The maximum raw performance (not using Tupl) I was able to get with the Optane SSD was 550K read/write operations per second, where each was 4KiB in size. When RAM is exhausted, each insert into a Tupl database requires at least one read and one write operation. So the best sustained throughput well into the test should be about 275K inserts per second. The actual observed rate at around 6 hours was about 180K inserts per second. Some of this overhead is due to contention introduced by Tupl, perhaps when accessing the free list. Contention could be reduced by striping the free list, or by accessing it in batches. A higher thread count of 32 only improves throughput slightly, which further suggests that contention is the issue. An application which is inserting larger records might experience less contention, and so the throughout would be higher.
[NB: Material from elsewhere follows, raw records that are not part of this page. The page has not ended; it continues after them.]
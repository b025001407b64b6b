//! Runs of `world`: a system, a schedule, and what must come of them.

use super::cases::{CALM, Case, WORLD, check};
use super::texts::{APART, CHAIN, COUNTER, EITHER, PING, TOKEN, WIDE};
use std::test::Fail;
use tapc_core::Status;

/// A run: its name, the system, the schedule, the status, and the lines.
type Row = (
    &'static str,
    &'static [u8],
    &'static [u8],
    Status,
    &'static [u8],
);

/// All of them.
fn rows() -> [Row; 44] {
    [
        // A process counts once, and is idle then.
        (
            "counts",
            COUNTER,
            b"turn a 0\nturn a 1\n",
            Status::Done,
            b"tick a 0\nact a 0\ntick a 1\nidle a\nvar a k 1\nend\n",
        ),
        // With no event the variables are as they start.
        ("no event", COUNTER, b"", Status::Done, b"var a k 0\nend\n"),
        // The greatest reading; the last line feed is wanting.
        (
            "latest reading",
            COUNTER,
            b"turn a 18446744073709551615",
            Status::Done,
            b"tick a 18446744073709551615\nact a 0\nvar a k 1\nend\n",
        ),
        // A process that is not declared.
        (
            "no process",
            COUNTER,
            b"turn a 0\nturn b 0\n",
            Status::BadSchedule,
            b"tick a 0\nact a 0\nbad line 2\n",
        ),
        // Of two enabled actions the one behind the last that ran.
        (
            "one after the other",
            EITHER,
            b"turn a 0\nturn a 0\nturn a 0\n",
            Status::Done,
            b"tick a 0\nact a 0\ntick a 0\nact a 1\ntick a 0\nact a 0\nvar a x 1\nend\n",
        ),
        // An empty text has no tokens, and is no tree.
        ("no text", b"", b"", Status::Refused, b"refused S1 1:1\n"),
        // A datagram is sent, arrives, and is received.
        (
            "travels",
            PING,
            b"turn a 0\nturn a 1\narrive a b\nturn b 2\nturn b 3\n",
            Status::Done,
            b"tick a 0\nact a 0\nsent b 01\ntick a 1\nidle a\narrive a b\ntick b 2\nact b 0\n\
tick b 3\nidle b\nvar a k 1\nvar b seen 1\nend\n",
        ),
        // Before it arrives it is not received.
        (
            "on its way",
            PING,
            b"turn a 0\nturn b 1\n",
            Status::Done,
            b"tick a 0\nact a 0\nsent b 01\ntick b 1\nidle b\nvar a k 1\nvar b seen 0\nend\n",
        ),
        // Nothing is in flight.
        (
            "nothing in flight",
            PING,
            b"arrive a b\n",
            Status::Done,
            b"void\nvar a k 0\nvar b seen 0\nend\n",
        ),
        // The other way nothing is in flight, and a datagram arrives once.
        (
            "other way",
            PING,
            b"turn a 0\narrive b a\narrive a b\narrive a b",
            Status::Done,
            b"tick a 0\nact a 0\nsent b 01\nvoid\narrive a b\nvoid\nvar a k 1\nvar b seen 0\nend\n",
        ),
        // Nothing arrives at its sender.
        (
            "to itself",
            PING,
            b"arrive a a\n",
            Status::BadSchedule,
            b"bad line 1\n",
        ),
        // A space behind the last word.
        (
            "space behind",
            PING,
            b"arrive a b \n",
            Status::BadSchedule,
            b"bad line 1\n",
        ),
        // A cut behind more than 1,000,000 sends.
        (
            "cut too far",
            PING,
            b"cut a 1000001\n",
            Status::BadSchedule,
            b"bad line 1\n",
        ),
        // Each field begins with its most significant byte.
        (
            "wide fields",
            WIDE,
            b"turn a 0\narrive a b\nturn b 0\n",
            Status::Done,
            b"tick a 0\nact a 0\nsent b 010203020101020304050607\narrive a b\ntick b 0\nact b 0\n\
var a k 1\nvar b v 258\nvar b w 197121\nend\n",
        ),
        // Datagrams of one channel are received in the order of the sends.
        (
            "in order",
            APART,
            b"turn a 0\narrive a b\narrive a b\nturn b 0\nturn b 0\n",
            Status::Done,
            b"tick a 0\nact a 0\nsent b 01\nsent b 0002\narrive a b\narrive a b\ntick b 0\nact b 0\n\
tick b 0\nact b 1\nvar a k 1\nvar b s 2\nend\n",
        ),
        // A number is handed on from a to b, and from b to c.
        (
            "handed on",
            CHAIN,
            b"turn a 5\narrive a b\nturn b 6\nturn c 7\narrive b c\nturn c 8\n",
            Status::Done,
            b"tick a 5\nact a 0\nsent b 07\narrive a b\ntick b 6\nact b 0\nsent c 07\ntick c 7\nidle c\n\
arrive b c\ntick c 8\nact c 0\nvar a k 7\nvar b seen 7\nvar c got 7\nend\n",
        ),
        // A datagram in flight is lost, and then none is left to arrive.
        (
            "lost",
            PING,
            b"turn a 0\nlose a b 0\narrive a b\nturn b 2\n",
            Status::Done,
            b"tick a 0\nact a 0\nsent b 01\nlose a b 0\nvoid\ntick b 2\nidle b\nvar a k 1\nvar b seen 0\nend\n",
        ),
        // What has arrived is not lost.
        (
            "too late to lose",
            PING,
            b"turn a 0\narrive a b\nlose a b 0\nturn b 2\n",
            Status::Done,
            b"tick a 0\nact a 0\nsent b 01\narrive a b\nvoid\ntick b 2\nact b 0\nvar a k 1\nvar b seen 1\nend\n",
        ),
        // Places count from the first datagram in flight: 1 is the second, 2 is none.
        (
            "second lost",
            APART,
            b"turn a 0\nlose a b 2\nlose b a 0\nlose a b 1\nlose a b 1\narrive a b\nturn b 0\narrive a b\nturn b 1\n",
            Status::Done,
            b"tick a 0\nact a 0\nsent b 01\nsent b 0002\nvoid\nvoid\nlose a b 1\nvoid\narrive a b\n\
tick b 0\nact b 0\nvoid\ntick b 1\nidle b\nvar a k 1\nvar b s 1\nend\n",
        ),
        // The greatest place that a line can name.
        (
            "greatest place",
            PING,
            b"lose a b 4294967295\n",
            Status::Done,
            b"void\nvar a k 0\nvar b seen 0\nend\n",
        ),
        // A place of more than 32 bits.
        (
            "place too large",
            PING,
            b"lose a b 4294967296\n",
            Status::BadSchedule,
            b"bad line 1\n",
        ),
        // A zero in front.
        (
            "leading zero",
            PING,
            b"lose a b 01\n",
            Status::BadSchedule,
            b"bad line 1\n",
        ),
        // Two spaces.
        (
            "two spaces",
            PING,
            b"lose  a b 0\n",
            Status::BadSchedule,
            b"bad line 1\n",
        ),
        // Nothing is lost from a process to itself.
        (
            "lost to itself",
            PING,
            b"lose a a 0\n",
            Status::BadSchedule,
            b"bad line 1\n",
        ),
        // A sign in front.
        (
            "signed",
            PING,
            b"turn a -1\n",
            Status::BadSchedule,
            b"bad line 1\n",
        ),
        // A word is wanting.
        (
            "no reading",
            PING,
            b"turn a\n",
            Status::BadSchedule,
            b"bad line 1\n",
        ),
        // A line without words, behind one that is run.
        (
            "blank line",
            PING,
            b"turn b 0\n\nturn b 1\n",
            Status::BadSchedule,
            b"tick b 0\nidle b\nbad line 2\n",
        ),
        // Parentheses leave nothing behind.
        (
            "parentheses",
            b"process a var k : 0..1 begin ((k) = (0)) -> k := (1) end",
            b"turn a 0\nturn a 1\n",
            Status::Done,
            b"tick a 0\nact a 0\ntick a 1\nidle a\nvar a k 1\nend\n",
        ),
        // Variables begin with their initial values, booleans with 0 or 1, and the others with their least values.
        (
            "initial values",
            b"process a const k = 4; l = -3 var x : 0..9 = k; y : l..9; z : -9..l = -5; u : boolean; v : boolean = 1 begin end",
            b"",
            Status::Done,
            b"var a x 4\nvar a y -3\nvar a z -5\nvar a u 0\nvar a v 1\nend\n",
        ),
        // A guard is a truth; false never holds, and true always.
        (
            "truths",
            b"process a const l = -3 var x : l..9 = 9; u : boolean = 1 \
begin false -> x := 1 [] u -> u := false; x := l [] u = false -> u := true; x := 2 [] true -> x := 3 end",
            b"turn a 0\nturn a 1\nturn a 2\nturn a 3\n",
            Status::Done,
            b"tick a 0\nact a 1\ntick a 1\nact a 2\ntick a 2\nact a 3\ntick a 3\nact a 1\nvar a x -3\nvar a u 0\nend\n",
        ),
        // Rounds 1 to 3 add 2, and in round 4 the guard is false.
        (
            "a loop of one branch",
            b"process a var x : 0..9 begin x = 0 -> do 4 times x < 5 -> x := min(x + 2, 9) od end",
            b"turn a 0\nturn a 1\n",
            Status::Done,
            b"tick a 0\nact a 0\ntick a 1\nidle a\nvar a x 6\nend\n",
        ),
        // Element 2 becomes 5, and element 0 what element 2 is.
        (
            "elements of an array",
            b"process a var k : 0..2; v : array 3 of 0..9 begin k = 0 -> k := 2; v[k] := 5; v[0] := v[k] end",
            b"turn a 0\nturn a 1\n",
            Status::Done,
            b"tick a 0\nact a 0\ntick a 1\nidle a\nvar a k 2\nvar a v 5 0 5\nend\n",
        ),
        // A token goes to and fro.
        (
            "handed to and fro",
            TOKEN,
            b"turn left 0\nturn left 1\nturn left 2\narrive left right\nturn right 3\nturn right 4\nturn right 5\n\
arrive right left\nturn left 6\n",
            Status::Done,
            b"tick left 0\nact left 0\ntick left 1\nact left 1\nsent right 07\ntick left 2\nidle left\n\
arrive left right\ntick right 3\nact right 2\ntick right 4\nact right 0\ntick right 5\nact right 1\nsent left 0c\n\
arrive right left\ntick left 6\nact left 2\nvar left has 1\nvar left works 1\nvar left seen 12\n\
var right has 0\nvar right works 0\nvar right seen 7\nend\n",
        ),
        // A token is lost, and then nobody has it.
        (
            "a lost token",
            TOKEN,
            b"turn left 0\nturn left 1\nlose left right 0\nturn right 2\nturn left 3\n",
            Status::Done,
            b"tick left 0\nact left 0\ntick left 1\nact left 1\nsent right 07\nlose left right 0\n\
tick right 2\nidle right\ntick left 3\nidle left\nvar left has 0\nvar left works 0\nvar left seen -1\n\
var right has 0\nvar right works 0\nvar right seen -1\nend\n",
        ),
        // 5 and 100 are 0101 and 1100100 in bits.
        (
            "a fixed field and seven bits",
            b"message m begin kind : 4 bits = 5; n : 7 bits end \
process a var k : 0..1 begin k = 0 -> k := 1; send m(100) to b end \
process b var s : 0..127 begin rcv m from a -> s := m.n + m.kind - 5 end",
            b"turn a 0\narrive a b\nturn b 1\n",
            Status::Done,
            b"tick a 0\nact a 0\nsent b 5c80\narrive a b\ntick b 1\nact b 0\nvar a k 1\nvar b s 100\nend\n",
        ),
        // A field of more than 63 bits.
        (
            "sixty four bits",
            b"message m begin n : 64 bits end process a begin end process b begin end",
            b"",
            Status::Refused,
            b"refused X2 1:17\n",
        ),
        // Two variables of one name.
        (
            "name twice",
            b"process a var k : 0..1; k : 0..1 begin end",
            b"",
            Status::Refused,
            b"refused N2 1:25\n",
        ),
        // A value that can leave the range of its target.
        (
            "leaves its range",
            b"process a var k : 0..1; n : 0..2 begin k = 0 -> k := n end",
            b"",
            Status::Refused,
            b"refused W1 1:49\n",
        ),
        // A process that sends to itself.
        (
            "sends to itself",
            b"message m begin n : 8 bits end process a begin 0 = 0 -> send m(1) to a [] rcv m from a -> skip end",
            b"",
            Status::Refused,
            b"refused N3 1:70\n",
        ),
        // A byte that is none of the alphabet.
        (
            "stray byte",
            b"process a begin \x01 end",
            b"",
            Status::Refused,
            b"refused L1 1:17\n",
        ),
        // A number above 2^63 - 1.
        (
            "large number",
            b"process a var k : 0..9223372036854775808 begin end",
            b"",
            Status::Refused,
            b"refused L2 1:22\n",
        ),
        // A text behind the events, with no line feed.
        (
            "text behind",
            COUNTER,
            b"turn a 0\nstop",
            Status::BadSchedule,
            b"tick a 0\nact a 0\nbad line 2\n",
        ),
        // A line of traces behind the events.
        (
            "line of traces",
            COUNTER,
            b"turn a 0\nturn a 1\nend\n",
            Status::BadSchedule,
            b"tick a 0\nact a 0\ntick a 1\nidle a\nbad line 3\n",
        ),
        // A carriage return before the line feed.
        (
            "carriage return",
            COUNTER,
            b"turn a 0\r\n",
            Status::BadSchedule,
            b"bad line 1\n",
        ),
    ]
}

#[test]
fn a_run_writes_its_trace(rt: HostRuntime) -> Result<(), Fail> {
    for (name, system, schedule, status, lines) in rows() {
        let case = Case {
            name,
            words: WORLD,
            system,
            schedule,
            status,
            lines,
            ..CALM
        };
        check(&rt, rt.alloc(), &case)?;
    }
    Ok(())
}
The primary reason why performance is lower than expected is actually due to rebalancing. Before a b-tree node splits due to an insert, an attempt is made to shift some elements to a neighboring node. This reduces the number of splits, and in turn reduces the overall storage overhead. The rebalancing activity reads and writes more nodes from the storage device than would otherwise be expected. A workload which is mostly doing updates should see higher performance. Here's a relatively boring chart which demonstrates this:
The database was pre-filled with 5.4 billion entries, and then the test updated each of them again as quickly as possible. This took about 5.8 hours to complete, at rate of 258k updates per second. This is much closer to the theoretical maximum rate of 275k. The test continued to run, inserting new entries, which can be seen where the slope of the line changes. The insert rate for the remaining 4.2 hours is about 174k inserts per second. This confirms that inserts are slower than updates.
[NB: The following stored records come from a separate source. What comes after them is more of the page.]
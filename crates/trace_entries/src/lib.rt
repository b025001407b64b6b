//! The lines of traces, read and written: those of a world and those of a node together.
#![tactic(auto)]

mod closed;
mod entry;
mod laws;
mod node;
mod open;
mod rows;
mod writes;

pub use entry::Entry;
pub use laws::{one_entry, read_is_written, written_is_read};
pub use node::is_of_node;
pub use open::read_entry;
pub use writes::write_entry;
When running a profiler during the updates, free list management did show up as a hot spot. In particular, appending to the free list to delete pages. Allocation of new pages didn't show up, possibly because the threads first stalled on the deletion and then they were able to acquire the next lock without any contention. Striping the free list should improve performance (multiple PageManagers), but not by much. The bottleneck overall is still the storage device, but a RAM drive would benefit more with this optimization.
When I first ran the tests, I observed strange performance dips. At times, the insert rate would plummet all the way down to zero. I ran a simple test which confirmed that this was due to thermal throttling. The Optane SSD has a large heatsink, and it also requires good airflow. After I cranked up the fan and directed more airflow over the SSD, the throttling problem disappeared.
Earlier tests with the Samsung 960 Pro SSD didn't really show any benefit when using a raw block device instead of a file system. This is because the bottleneck is still the SSD, and any operating system overhead isn't much of an issue. Because the Optane SSD is so fast, the bottleneck shifts away from the hardware, and eliminating overhead is essential for achieving the highest performance. Future Optane drives are expected to have performance closer to DRAM speeds, and so bypassing the operating system will become essential.